Tuesday, May 3, 2016

Food Assistance isn't the problem.


One area of social policy that has received a lot of attention more than it should in a negative way lately is social assistance for the poor in the way of food stamps. It is a long held belief by some that this is taxpayer’s money being given to free loaders, and poor people who refuse to work and support themselves. There are rampant reports about the misuse and abuse of food stamps or Link in the media. Some people take the apparently compassionate point of view that food stamps trap the poor and create a system that will never allow them to get on their feet independently. The news media—especially Fox News—is quick to highlight instances of people caught gaming the system. In more subtle ways it has led to the idea that most recipients of food assistance are minorities, which makes people respond to this in many ways. I have heard numerous stories both from Fox News and fellow Republican colleagues about how food stamp recipients dine on steak and lobster with their meager food assistance benefits, which is a myth.
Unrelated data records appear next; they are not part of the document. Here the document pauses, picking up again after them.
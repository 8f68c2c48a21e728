// The page opens the channel, and makes its calls when they are due.

ghost use Rattle.std.specs.Prelude.{◌≡◌, ◌<◌, ◌++◌, ◌∷◌, ◌+◌, [], IfOk, IfSome, slice_get, OnOk, OnErr, length, is_some, true, nat_lt};
ghost use Rattle.nk_plan.specs.Accepted.{IsGoodAct};
ghost use Rattle.nk_plan.specs.Child.{perform_call, is_due, child_step};
ghost use Rattle.nk_plan.specs.Enabled.{child_enabled};
ghost use Rattle.nk_plan.specs.Ending.{is_left_suspended};
ghost use Rattle.nk_plan.specs.declared.step.ChildStep.TheVariants as step;
ghost use Rattle.nk_base.specs.declared.message.UpMsg.TheVariants as up_message;
ghost use Rattle.nk_base.specs.Status.{moved_if};
ghost use Rattle.nk_child.specs.Reactions.{due_act};
ghost use Rattle.nk_plan.specs.declared.journal.ChildEntry.TheVariants as entry;
ghost use Rattle.nk_child.specs.Views.{HasRoom, Leaves, Counted, Gains};

use crate::work::Work;
use nk_base::{Entry, Memory, Moved, Out, UpMsg};
use nk_plan::{Act, ChildEntry};

impl Work {
    /// Performs a call of the page.
    #[tactic(auto, using(crate::proofs::Gains::gains, crate::proofs::Gains::gains_none))]
    fn perform<U: Out<UpMsg>, D: Out<Entry>>(
        &mut self,
        act: Act,
        up: &mut U,
        delivery: &mut D,
    ) -> Result<(), Memory>
        requires rooms { HasRoom 2 2 self.old.rooms }
        requires counts { Counted self.old.state }
        requires good { IsGoodAct act }
        requires up { 0 < U.room up.old }
        requires delivery { 0 < D.room delivery.old }
        ensures ok { OnOk result (Leaves 2 2 self.old self.new (perform_call self.old.plan act self.old.state)) }
        ensures sent { OnOk result (Gains self.old.state.sent self.new.state.sent (U.staged up.old) (U.staged up.new)) }
        ensures trace { OnOk result (Gains self.old.state.trace self.new.state.trace (D.staged delivery.old) (D.staged delivery.new)) }
        ensures err { OnErr result (self.new ≡ self.old) }
        ensures up_held { U.held up.new ≡ U.held up.old }
        ensures up_room { U.room up.new + length (U.staged up.new) ≡ U.room up.old + length (U.staged up.old) }
        ensures delivery_held { D.held delivery.new ≡ D.held delivery.old }
        ensures delivery_room { D.room delivery.new + length (D.staged delivery.new) ≡ D.room delivery.old + length (D.staged delivery.old) }
    {
        match act {
            Act::Suspend => {
                self.stage_suspend(up)?;
                self.suspend();
                Ok(())
            }
            Act::Resume => {
                self.stage_resume(up)?;
                self.resume();
                Ok(())
            }
            Act::Cancel(status) => {
                self.stage_cancel(status, up)?;
                self.cancel(status);
                Ok(())
            }
            Act::Retarget(worker) => {
                self.retarget(worker);
                Ok(())
            }
            Act::Break(status) => self.break_off(status, delivery),
        }
    }

    /// The page's next call, if it is due.
    #[tactic(auto, using(crate::proofs::Ranges::all_at))]
    fn due(&self) -> Option<Act>
        ensures due { result ≡ due_act self.now.state (slice_get self.now.plan.controls self.now.state.next) }
        ensures good { IfSome result IsGoodAct }
        ensures next { IfSome result (λ _. self.now.state.next < 64) }
    {
        if self.next >= self.plan.controls.len() {
            return None;
        }
        let control = *self.plan.controls.get(self.next);
        if control.after as usize > self.finished {
            return None;
        }
        Some(control.act)
    }

    /// Whether the page has left the channel suspended: it is opened, nothing runs, and no call is due.
    #[tactic(auto, using(crate::proofs::Acts::due_told))]
    pub(crate) fn is_left_suspended(&self) -> bool
        ensures { result ≡ is_left_suspended self.now.state.opened (nat_lt 0 self.now.state.suspends) (is_some self.now.state.running)
            (is_due self.now.state (slice_get self.now.plan.controls self.now.state.next)) }
    {
        self.opened && self.queue.count() > 0 && self.running.is_none() && self.due().is_none()
    }

    /// The page opens the channel.
    #[tactic(auto, using(crate::proofs::Gains::gains))]
    fn open<U: Out<UpMsg>>(&mut self, up: &mut U) -> Result<(), Memory>
        requires rooms { HasRoom 1 0 self.old.rooms }
        requires up { 0 < U.room up.old }
        ensures plan { self.new.plan ≡ self.old.plan }
        ensures state { OnOk result (self.new.state ≡ record self.old.state {
          opened = true;
          sent = self.old.state.sent ++ up_message.Open ∷ [];
          journal = self.old.state.journal ++ entry.Open ∷ [];
        }) }
        ensures sent { OnOk result (Gains self.old.state.sent self.new.state.sent (U.staged up.old) (U.staged up.new)) }
        ensures err { OnErr result (self.new ≡ self.old) }
        ensures held { U.held up.new ≡ U.held up.old }
        ensures room { U.room up.new + length (U.staged up.new) ≡ U.room up.old + length (U.staged up.old) }
    {
        up.stage(UpMsg::Open)?;
        self.opened = true;
        self.sent.push(UpMsg::Open);
        self.note(ChildEntry::Open);
        Ok(())
    }

    /// Whether the page opens the channel, or its next call is due.
    #[tactic(auto, using(crate::proofs::Acts::due_told))]
    pub(crate) fn can_act(&self) -> bool
        ensures { result ≡ child_enabled self.now.plan step.Act self.now.state }
    {
        !self.plan.closed && (!self.opened || self.due().is_some())
    }

    /// The page opens the channel, or makes its next call.
    #[tactic(auto, using(crate::proofs::Acts::none_due, crate::proofs::Acts::one_due, crate::proofs::Gains::gains_none))]
    pub(crate) fn act<U: Out<UpMsg>, D: Out<Entry>>(
        &mut self,
        up: &mut U,
        delivery: &mut D,
    ) -> Result<Moved, Memory>
        requires rooms { HasRoom 2 2 self.old.rooms }
        requires counts { Counted self.old.state }
        requires up { 0 < U.room up.old }
        requires delivery { 0 < D.room delivery.old }
        ensures plan { self.new.plan ≡ self.old.plan }
        ensures state { OnOk result (self.new.state ≡ child_step self.old.plan step.Act self.old.state) }
        ensures answer { IfOk result (λ r. r ≡ moved_if (child_enabled self.old.plan step.Act self.old.state)) }
        ensures sent { OnOk result (Gains self.old.state.sent self.new.state.sent (U.staged up.old) (U.staged up.new)) }
        ensures trace { OnOk result (Gains self.old.state.trace self.new.state.trace (D.staged delivery.old) (D.staged delivery.new)) }
        ensures err { OnErr result (self.new ≡ self.old) }
        ensures up_held { U.held up.new ≡ U.held up.old }
        ensures up_room { U.room up.new + length (U.staged up.new) ≡ U.room up.old + length (U.staged up.old) }
        ensures delivery_held { D.held delivery.new ≡ D.held delivery.old }
        ensures delivery_room { D.room delivery.new + length (D.staged delivery.new) ≡ D.room delivery.old + length (D.staged delivery.old) }
    {
        if self.plan.closed {
            return Ok(Moved::Idle);
        }
        if !self.opened {
            self.open(up)?;
            return Ok(Moved::Did);
        }
        match self.due() {
            None => Ok(Moved::Idle),
            Some(act) => {
                self.next += 1;
                match self.perform(act, up, delivery) {
                    Ok(()) => Ok(Moved::Did),
                    Err(e) => {
                        self.next -= 1;
                        Err(e)
                    }
                }
            }
        }
    }
}
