// The delivery target of one channel, which its child keeps.

ghost use Rattle.std.specs.Prelude.{◌≡◌, ◌≤◌, OnOk, IfErr, None, Some};
ghost use Rattle.nk_base.specs.Queue.{IsTarget};
ghost use Rattle.nk_retarget.specs.Delivery.{at_first, target_of, refusal};

use crate::view::ChannelView;
use nk_base::{RetargetError, Target};
use std::marker::Model;

/// Whether the data of a channel may be delivered on a worker, and on which it is. After Firefox's `HttpChannelChild`,
/// whose ODA target is set once.
#[derive(Drop)]
pub struct Delivery {
    retargetable: bool,
    worker: Option<u8>,
}

impl Model for Delivery {
    ghost use Rattle.nk_base.specs.Queue.{IsTarget};
    ghost use Rattle.nk_retarget.specs.Delivery.{Delivering, target_of};

    ghost Value = { Delivering };

    ghost view = { λ s. record { retargetable = s.retargetable; worker = s.worker } };

    ghost invariant = { λ s. IsTarget (target_of s.worker) };
}

impl Delivery {
    /// Data is delivered on the main thread, and may or may not be moved.
    pub fn new(retargetable: bool) -> Delivery
        ensures { result ≡ at_first retargetable }
    {
        Delivery {
            retargetable,
            worker: None,
        }
    }

    /// Where data is delivered.
    pub fn target(&self) -> Target
        ensures target { result ≡ target_of self.now.worker }
        ensures is_target { IsTarget result }
    {
        match self.worker {
            None => Target::Main,
            Some(worker) => Target::Worker(worker),
        }
    }

    /// From now on data is delivered on this worker. Of several refusals the first one of `RetargetError` comes, and
    /// a refusal changes nothing.
    pub fn retarget(&mut self, view: ChannelView, worker: u8) -> Result<(), RetargetError>
        requires least { 1 ≤ worker }
        requires most { worker ≤ 16 }
        ensures ok { OnOk result (refusal view self.old ≡ None) }
        ensures moved { OnOk result (self.new ≡ record self.old { worker = Some worker }) }
        ensures err { IfErr result (λ e. (refusal view self.old ≡ Some e) × (self.new ≡ self.old)) }
    {
        if !view.opened {
            return Err(RetargetError::NotOpened);
        }
        if view.stopped {
            return Err(RetargetError::Stopped);
        }
        if view.status.is_failure() {
            return Err(RetargetError::Failed(view.status));
        }
        if !self.retargetable {
            return Err(RetargetError::NotRetargetable);
        }
        if let Some(old) = self.worker {
            return Err(RetargetError::AlreadyRetargeted(old));
        }
        self.worker = Some(worker);
        Ok(())
    }
}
What is not portrayed in the mainstream media is that the federal government spends only 12% on safety Net program (SNAP, housing assistance, etc) compared to 19% spent on Defense and International security, 24% towards Social Security, 22% on Medicare, CHIP, and also most food assistance recipients are European-American or that most recipients are United States Veterans. What is also never portrayed is that many recipients are physically or developmentally disabled and could never obtain employment although many would want to be independent. It is also not explained that disabled recipients are living on an average of $165 a month for food (about $80 less than a thrifty food budget). Another missing statistic in the food stamp debate is the actual amount of tax dollars that end up in the food assistance program. For example, if I made $50,000 a year, $33 would go to welfare and $895 would go towards corporate subsidies or tax giveaways to corporations and wealthy citizens, which is starkly different than the picture the media paints, and then again, the people who own the media are getting $895 of that tax money, so they have incentive to keep me focused on complaining about where that $33 goes. Let’s keep it real; the media will rather shield facts as the federal spending on SNAP is not the reason why the country is in debt but the media tend to shine light negatively to brain wash the average citizen and misleading us. 
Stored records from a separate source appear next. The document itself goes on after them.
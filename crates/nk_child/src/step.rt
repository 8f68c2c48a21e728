// The child's table: each step is one of its rows, made whole or not at all.

ghost use Rattle.std.specs.Prelude.{◌≡◌, ◌++◌, ◌≤◌, ◌+◌, [], IfOk, OnOk, OnErr, length, drop};
ghost use Rattle.nk_plan.specs.Child.{child_step};
ghost use Rattle.nk_plan.specs.Enabled.{child_enabled};
ghost use Rattle.nk_base.specs.Status.{moved_if};
ghost use Rattle.nk_child.specs.Steps.{IsStepInRange};
ghost use Rattle.nk_child.specs.Views.{HasRoom, Counted, Gains};

use crate::work::Work;
use nk_base::{Entry, Memory, Moved, Out, UpMsg};
use nk_plan::ChildStep;

impl Work {
    /// Makes the row of this step. What it sends and shows is staged; on `Memory` some of that may be staged too.
    #[tactic(auto, using(crate::proofs::Gains::gains_none))]
    fn row<U: Out<UpMsg>, D: Out<Entry>>(
        &mut self,
        step: ChildStep,
        up: &mut U,
        delivery: &mut D,
    ) -> Result<Moved, Memory>
        requires rooms { HasRoom 66 2 self.old.rooms }
        requires counts { Counted self.old.state }
        requires forced { self.old.state.queue.forced ≤ 1 }
        requires in_range { IsStepInRange step }
        requires up { 4 ≤ U.room up.old }
        requires delivery { 1 ≤ D.room delivery.old }
        ensures plan { self.new.plan ≡ self.old.plan }
        ensures state { OnOk result (self.new.state ≡ child_step self.old.plan step self.old.state) }
        ensures answer { IfOk result (λ r. r ≡ moved_if (child_enabled self.old.plan step self.old.state)) }
        ensures sent { OnOk result (Gains self.old.state.sent self.new.state.sent (U.staged up.old) (U.staged up.new)) }
        ensures trace { OnOk result (Gains self.old.state.trace self.new.state.trace (D.staged delivery.old) (D.staged delivery.new)) }
        ensures err { OnErr result (self.new.state ≡ self.old.state) }
        ensures up_held { U.held up.new ≡ U.held up.old }
        ensures up_room { U.room up.new + length (U.staged up.new) ≡ U.room up.old + length (U.staged up.old) }
        ensures delivery_held { D.held delivery.new ≡ D.held delivery.old }
        ensures delivery_room { D.room delivery.new + length (D.staged delivery.new) ≡ D.room delivery.old + length (D.staged delivery.old) }
    {
        match step {
            ChildStep::Act => self.act(up, delivery),
            ChildStep::Verdict => self.verdict(up),
            ChildStep::Main(m) => self.main(m, delivery),
            ChildStep::Back(m) => self.back(m),
            ChildStep::Release => self.release(),
            ChildStep::Begin(t) => self.begin(t, up, delivery),
            ChildStep::Finish(t) => self.finish(t, up),
        }
    }

    /// Makes the row of this step, and sends what it sends and shows. On `Memory` nothing has changed.
    #[tactic(auto, using(crate::proofs::Gains::whole))]
    pub(crate) fn step<U: Out<UpMsg>, D: Out<Entry>>(
        &mut self,
        step: ChildStep,
        up: &mut U,
        delivery: &mut D,
    ) -> Result<Moved, Memory>
        requires counts { Counted self.old.state }
        requires forced { self.old.state.queue.forced ≤ 1 }
        requires in_range { IsStepInRange step }
        requires up { 4 ≤ U.room up.old }
        requires delivery { 1 ≤ D.room delivery.old }
        requires up_staged { U.staged up.old ≡ [] }
        requires delivery_staged { D.staged delivery.old ≡ [] }
        ensures plan { self.new.plan ≡ self.old.plan }
        ensures state { OnOk result (self.new.state ≡ child_step self.old.plan step self.old.state) }
        ensures answer { IfOk result (λ r. r ≡ moved_if (child_enabled self.old.plan step self.old.state)) }
        ensures sent { OnOk result (U.held up.new ≡ U.held up.old ++ drop (length self.old.state.sent) self.new.state.sent) }
        ensures delivered { OnOk result (D.held delivery.new ≡ D.held delivery.old ++ drop (length self.old.state.trace) self.new.state.trace) }
        ensures up_staged { U.staged up.new ≡ [] }
        ensures delivery_staged { D.staged delivery.new ≡ [] }
        ensures up_room { OnOk result (U.room up.new + length (drop (length self.old.state.sent) self.new.state.sent) ≡ U.room up.old) }
        ensures delivery_room { OnOk result (D.room delivery.new + length (drop (length self.old.state.trace) self.new.state.trace) ≡ D.room delivery.old) }
        ensures err { OnErr result (self.new.state ≡ self.old.state) }
        ensures err_up { OnErr result (U.held up.new ≡ U.held up.old) }
        ensures err_delivery { OnErr result (D.held delivery.new ≡ D.held delivery.old) }
        ensures err_up_room { OnErr result (U.room up.new ≡ U.room up.old) }
        ensures err_delivery_room { OnErr result (D.room delivery.new ≡ D.room delivery.old) }
    {
        self.reserve(66, 2)?;
        match self.row(step, up, delivery) {
            Ok(moved) => {
                up.send_staged();
                delivery.send_staged();
                Ok(moved)
            }
            Err(e) => {
                up.drop_staged();
                delivery.drop_staged();
                Err(e)
            }
        }
    }
}
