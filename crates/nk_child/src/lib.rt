// The half of a channel that the page sees: it takes what the parent sends on two lanes, runs the events in order and each
// on its target, shows them to the listener, and sends the page's calls up. Each step is one row of the child's table,
// which nk_plan's specs/Child.antt defines. After Firefox's HttpChannelChild and HttpBackgroundChannelChild in outline;
// the table is this project's own.
#![tactic(auto)]

mod act;
mod broken;
mod callback;
mod child;
mod flush;
mod lanes;
mod page;
mod queued;
mod run;
mod standing;
mod step;
mod verdict;
mod work;

pub use child::Child;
For additional reading, check out the USDA food plans, and consider how much people actually pay for food to what low income people get for food from the SNAP.  See also the research on food prices and actual spending. 

The real problem is often unaffordable housing combined with low wages. Suppose you live in a city on the coasts, or in Chicago, and fair market rents are very high.  And let us imagine you work full-time for $10-$12 per hour.  In such a situation, you will spend a huge amount of your money on your housing, and what is left over may need to pay for transportation and child-care and so forth, and not much will be left for food.  About 14 percent of American households (with 125 million households, this means about 17.5 million households) are food insecure at some point in the year. We know from survey research by the USDA that there are about 1.2 million American households where an adult goes a full day without eating at least three or more times of year because of food insecurity.  Yes, we actually do have real hunger in the United States.  And the food and nutrition we give to families is just as much a benefit to farmers and grocers and agribusiness anyway, but no one ever points this out.  People in the food business would rather sell their products to poor people with the public paying the bill than letting those people go hungry.

  SNAP costs us about $77 billion per year these days, and we spend another 22 billion on school lunches and other child nutrition programs, plus about $6 billion on WIC.  So, that's a total of $105 billion each year.  These are big programs, but they help many people. Each month about 45 million Americans get food with SNAP benefits, and over 30 million children get free or reduced lunches, or other nutritional benefits through various child nutrition programs, mostly provided through school cafeterias.  And then there are another 9 million or so people in families getting benefits from WIC, including nutrition education as well as food.